Stored data:
··········

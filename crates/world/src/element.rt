//! Loads and stores of elements' values.
ghost use Rattle.std.specs.Prelude.{◌≡◌};
ghost use Rattle.bpf_model.specs.Access.{byte_count};
ghost use Rattle.world_laws.specs.Locating.{location_of};
ghost use Rattle.world.specs.Elements.{ReachesElement, element_number, stored_element};

use crate::address::{map_slot_of, offset_in};
use bpf_model::{MapId, Width};
use maps::Registry;

/// The number of so many bytes of an element's value, at an offset in bytes from a word that
/// lies in the element's map slot.
#[inline]
pub(crate) fn load(maps: &Registry, address: u64, offset: i16, width: Width) -> u64
    requires { ReachesElement maps.now.maps (byte_count width) offset (location_of address) }
    ensures { result ≡ element_number maps.now.maps (byte_count width) offset
        (location_of address) }
{
    let reached = map_slot_of(address);
    match maps.map(MapId::new(reached.map)) {
        Some(map) => map.load(reached.slot, offset_in(address, offset), width),
        None => unreachable!(),
    }
}

/// Stores the low bytes of a number in an element's value, at an offset in bytes from a word that lies in
/// the element's map slot. Whoever reads the element later finds them: a store changes an element
/// where it lies, while an update of its key links a new one.
#[inline]
pub(crate) fn store(maps: &mut Registry, address: u64, offset: i16, width: Width, number: u64)
    requires { ReachesElement maps.old.maps (byte_count width) offset (location_of address) }
    ensures maps { maps.new.maps ≡ stored_element (byte_count width) number offset
        (location_of address) maps.old.maps }
    ensures names { maps.new.names ≡ maps.old.names }
{
    let reached = map_slot_of(address);
    let map = maps.map_mut(MapId::new(reached.map));
    map.store(reached.slot, offset_in(address, offset), width, number);
}
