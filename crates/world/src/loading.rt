//! A program that is added to a world that lives.
ghost use Rattle.std.specs.Prelude.{◌≡◌, ◌⊎◌, ◌<◌, ◌≤◌, length, Err, IfOk, IsOk, OnOk, OnErr};
ghost use Rattle.bpf_model.specs.declared.limits.TheConstants.{MAX_PROGRAMS};
ghost use Rattle.bpf_model.specs.Machine.{Machine};
ghost use Rattle.bpf_model.specs.Refines.{TracksSchedule, Tracks};
ghost use Rattle.bpf_model.specs.Schedule.{Schedule};
ghost use Rattle.bpf_model.specs.View.{shapes_of};
ghost use Rattle.world_laws.specs.Loads.{loads, schedule_loads, with_program};
ghost use Rattle.world.specs.BoundTo.{IsBound};
ghost use Rattle.world.specs.Programs.{program_of};

use crate::binding::{certify, is_bound};
use crate::fault::WorldFault;
use crate::kept::Loaded;
use crate::world::World;
use bpf_model::{MAX_PROGRAMS, ProgId};

impl World {
    /// Adds a program, bound to maps of this world, behind its others, and answers its number, which is the next
    /// one. Runs, maps and counts stay as they were. Only here does a world grow.
    ///
    /// Errors: the first of these that holds. Then nothing has changed, and the program is dropped.
    /// - `TooManyPrograms`: there are `MAX_PROGRAMS`.
    /// - `Binding`, with the number that the program would have had: a map of its list is missing or has another
    ///   shape than it was verified for, or the counts differ.
    /// - `Memory`: there is none for one program more.
    pub fn load(&mut self, loaded: Loaded) -> Result<ProgId, WorldFault>
        ensures too_many { MAX_PROGRAMS ≤ length self.old.programs →
            result ≡ Err WorldFault.TooManyPrograms }
        ensures binding { length self.old.programs < MAX_PROGRAMS →
            (IsBound (shapes_of self.old) loaded → ⊥) →
            result ≡ Err (WorldFault.Binding (length self.old.programs)) }
        ensures made { length self.old.programs < MAX_PROGRAMS →
            IsBound (shapes_of self.old) loaded →
            IsOk result ⊎ (result ≡ Err WorldFault.Memory) }
        ensures number { IfOk result (λ p. p ≡ length self.old.programs) }
        ensures view { OnOk result (self.new ≡ with_program (program_of loaded) self.old) }
        ensures err { OnErr result (self.new ≡ self.old) }

        // Each state that was tracked is tracked with the program behind its others.
        ensures schedule { OnOk result ((s : Schedule) → TracksSchedule self.old s →
            TracksSchedule self.new (schedule_loads (program_of loaded) s)) }
        ensures machine { OnOk result ((m : Machine) → Tracks self.old m →
            Tracks self.new (loads (program_of loaded) m)) }
    {
        let count = self.parts.program_count();
        if count >= MAX_PROGRAMS {
            return Err(WorldFault::TooManyPrograms);
        }
        let program = ProgId::new(count);
        if !is_bound(self.parts.registry(), &loaded) {
            return Err(WorldFault::Binding { program });
        }
        certify(&loaded);
        match self.parts.load(loaded) {
            Ok(()) => Ok(program),
            Err(_) => Err(WorldFault::Memory),
        }
    }
}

··········

What you will do ->
The answer must be an exact transcription of every record above.

Answer space ->
filename crates/world/src/element.rt
//! Loads and stores of elements' values.
ghost use Rattle.std.specs.Prelude.{◌≡◌};
ghost use Rattle.bpf_model.specs.Access.{byte_count};
ghost use Rattle.world_laws.specs.Locating.{location_of};
ghost use Rattle.world.specs.Elements.{ReachesElement, element_number, stored_element};

use crate::address::{map_slot_of, offset_in};
use bpf_model::{MapId, Width};
use maps::Registry;

/// The number of so many bytes of an element's value, at an offset in bytes from a word that
/// lies in the element's map slot.
#[inline]
pub(crate) fn load(maps: &Registry, address: u64, offset: i16, width: Width) -> u64
    requires { ReachesElement maps.now.maps (byte_count width) offset (location_of address) }
    ensures { result ≡ element_number maps.now.maps (byte_count width) offset
        (location_of address) }
{
    let reached = map_slot_of(address);
    match maps.map(MapId::new(reached.map)) {
        Some(map) => map.load(reached.slot, offset_in(address, offset), width),
        None => unreachable!(),
    }
}

/// Stores the low bytes of a number in an element's value, at an offset in bytes from a word that lies in
/// the element's map slot. Whoever reads the element later finds them: a store changes an element
/// where it lies, while an update of its key links a new one.
#[inline]
pub(crate) fn store(maps: &mut Registry, address: u64, offset: i16, width: Width, number: u64)
    requires { ReachesElement maps.old.maps (byte_count width) offset (location_of address) }
    ensures maps { maps.new.maps ≡ stored_element (byte_count width) number offset
        (location_of address) maps.old.maps }
    ensures names { maps.new.names ≡ maps.old.names }
{
    let reached = map_slot_of(address);
    let map = maps.map_mut(MapId::new(reached.map));
    map.store(reached.slot, offset_in(address, offset), width, number);
}
filename crates/world/src/loading.rt
//! A program that is added to a world that lives.
ghost use Rattle.std.specs.Prelude.{◌≡◌, ◌⊎◌, ◌<◌, ◌≤◌, length, Err, IfOk, IsOk, OnOk, OnErr};
ghost use Rattle.bpf_model.specs.declared.limits.TheConstants.{MAX_PROGRAMS};
ghost use Rattle.bpf_model.specs.Machine.{Machine};
ghost use Rattle.bpf_model.specs.Refines.{TracksSchedule, Tracks};
ghost use Rattle.bpf_model.specs.Schedule.{Schedule};
ghost use Rattle.bpf_model.specs.View.{shapes_of};
ghost use Rattle.world_laws.specs.Loads.{loads, schedule_loads, with_program};
ghost use Rattle.world.specs.BoundTo.{IsBound};
ghost use Rattle.world.specs.Programs.{program_of};

use crate::binding::{certify, is_bound};
use crate::fault::WorldFault;
use crate::kept::Loaded;
use crate::world::World;
use bpf_model::{MAX_PROGRAMS, ProgId};

impl World {
    /// Adds a program, bound to maps of this world, behind its others, and answers its number, which is the next
    /// one. Runs, maps and counts stay as they were. Only here does a world grow.
    ///
    /// Errors: the first of these that holds. Then nothing has changed, and the program is dropped.
    /// - `TooManyPrograms`: there are `MAX_PROGRAMS`.
    /// - `Binding`, with the number that the program would have had: a map of its list is missing or has another
    ///   shape than it was verified for, or the counts differ.
    /// - `Memory`: there is none for one program more.
    pub fn load(&mut self, loaded: Loaded) -> Result<ProgId, WorldFault>
        ensures too_many { MAX_PROGRAMS ≤ length self.old.programs →
            result ≡ Err WorldFault.TooManyPrograms }
        ensures binding { length self.old.programs < MAX_PROGRAMS →
            (IsBound (shapes_of self.old) loaded → ⊥) →
            result ≡ Err (WorldFault.Binding (length self.old.programs)) }
        ensures made { length self.old.programs < MAX_PROGRAMS →
            IsBound (shapes_of self.old) loaded →
            IsOk result ⊎ (result ≡ Err WorldFault.Memory) }
        ensures number { IfOk result (λ p. p ≡ length self.old.programs) }
        ensures view { OnOk result (self.new ≡ with_program (program_of loaded) self.old) }
        ensures err { OnErr result (self.new ≡ self.old) }

        // Each state that was tracked is tracked with the program behind its others.
        ensures schedule { OnOk result ((s : Schedule) → TracksSchedule self.old s →
            TracksSchedule self.new (schedule_loads (program_of loaded) s)) }
        ensures machine { OnOk result ((m : Machine) → Tracks self.old m →
            Tracks self.new (loads (program_of loaded) m)) }
    {
        let count = self.parts.program_count();
        if count >= MAX_PROGRAMS {
            return Err(WorldFault::TooManyPrograms);
        }
        let program = ProgId::new(count);
        if !is_bound(self.parts.registry(), &loaded) {
            return Err(WorldFault::Binding { program });
        }
        certify(&loaded);
        match self.parts.load(loaded) {
            Ok(()) => Ok(program),
            Err(_) => Err(WorldFault::Memory),
        }
    }
}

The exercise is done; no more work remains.